When Bigfoot turns 18, his loving mother encourages him to flee to the forest. “Run like a big ol’ mob is coming to kill you,” she says, “ ’cause they are.”

Ruffin and collaborators Kevin Sciretta and David Schmoll developed “Bigfoot, the Musical” at Los Angeles’ Sacred Fools Theater Company, where they have a show called “Serial Killers” — “five shows enter, three shows leave,” Ruffin explains. “You write eight minutes (of material)” and “you see the jokes that work.” (And, of course, the ones that don’t.)

Before “Bigfoot,” Ruffin developed another musical at Sacred Fools: “King of Kong: A Musical Parody,” which Heard presented in Las Vegas in 2015, when he was the Onyx Theatre’s producing director.

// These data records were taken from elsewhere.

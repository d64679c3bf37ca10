//! Tables of names, which are looked up without their case.

ghost use Rattle.std.specs.Prelude.{◌≡◌, [], not, IfOk};
ghost use Rattle.rx_judge.specs.Table.{lowered, IsKeyOf, has, added, found};

use crate::fault::NoMemory;
use indexmap::IndexMap;
use std::alloc::Global;
use std::marker::Model;

/// A package and a name in it, both in lower case.
#[derive(Debug, Drop, PartialEq, Eq, Hash)]
pub struct Key {
    pub package: Vec<u8>,
    pub name: Vec<u8>,
}

/// Names with what they stand for, in the order in which they came, each name once.
#[derive(Drop)]
pub struct Table<T> {
    map: IndexMap<Key, T>,
}

impl<T> Model for Table<T> {
    ghost use Rattle.std.specs.Prelude.{List, ℕ};
    ghost use Rattle.rx_judge.specs.Table.{Entry, entries_of};

    ghost Value = { List (Entry T) };

    ghost view = { λ table. entries_of table.map.entries };
}

fn lower_case(alloc: Global, text: &[u8]) -> Result<Vec<u8>, NoMemory>
    ensures { IfOk result (λ bytes. bytes.items ≡ lowered text.now) }
{
    let mut bytes = Vec::from_slice(alloc, text)?;
    bytes.as_mut_slice().make_ascii_lowercase();
    Ok(bytes)
}

/// The key of a name in a package, whose name is empty for what stands in none.
pub fn key_of(alloc: Global, prefix: &[u8], name: &[u8]) -> Result<Key, NoMemory>
    ensures { IfOk result (λ key. IsKeyOf key prefix.now name.now) }
{
    let package = lower_case(alloc, prefix)?;
    let name = lower_case(alloc, name)?;
    Ok(Key { package, name })
}

impl<T: Copy> Table<T> {
    /// No names.
    pub fn new(alloc: Global) -> Table<T>
        ensures { result ≡ [] }
    {
        Table {
            map: IndexMap::new(alloc),
        }
    }

    /// Adds a name, unless it is there, and tells whether it was not.
    pub fn add(
        &mut self,
        alloc: Global,
        prefix: &[u8],
        name: &[u8],
        thing: T,
    ) -> Result<bool, NoMemory>
        ensures added { IfOk result (λ b. self.new ≡ added self.old prefix.now name.now thing) }
        ensures is_new { IfOk result (λ b. b ≡ not (has self.old prefix.now name.now)) }
    {
        let key = key_of(alloc, prefix, name)?;
        if self.map.contains_key(&key) {
            return Ok(false);
        }
        self.map.insert(key, thing)?;
        Ok(true)
    }

    /// Whether a name is there.
    pub fn has(&self, alloc: Global, prefix: &[u8], name: &[u8]) -> Result<bool, NoMemory>
        ensures { IfOk result (λ b. b ≡ has self.now prefix.now name.now) }
    {
        let key = key_of(alloc, prefix, name)?;
        Ok(self.map.contains_key(&key))
    }

    /// What a name stands for, if it is there.
    pub fn find(&self, alloc: Global, prefix: &[u8], name: &[u8]) -> Result<Option<T>, NoMemory>
        ensures { IfOk result (λ thing. thing ≡ found self.now prefix.now name.now) }
    {
        let key = key_of(alloc, prefix, name)?;
        Ok(self.map.get(&key).copied())
    }
}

“We had a real good time hanging out,” Heard recalls, “and I asked her, ‘What else do you have?’ ”

For Ruffin, “it’s just such a nice fit with Troy,” she notes. “He is not afraid of goofiness. He loves it. He embraces it.”

Goofiness definitely plays a major role in “Bigfoot,” where the musical numbers range from heartfelt ballads (“There’s a little bit of Bigfoot that lives in the heart of you and me,” Francine sings of her beloved, behemoth-sized boy) to cheery romps such as “Splashtown,” in which Mud Dirt residents celebrate the imminent demise of their hometown and its water-park replacement.

“Musicals are so over-the-top,” Ruffin says. “When a comedy person watches a straight musical, it’s inherently — I don’t want to say ridiculous, but it’s kind of ridiculous. Being melodramatic.” Then again, she adds, “comedy’s a lot the same way.”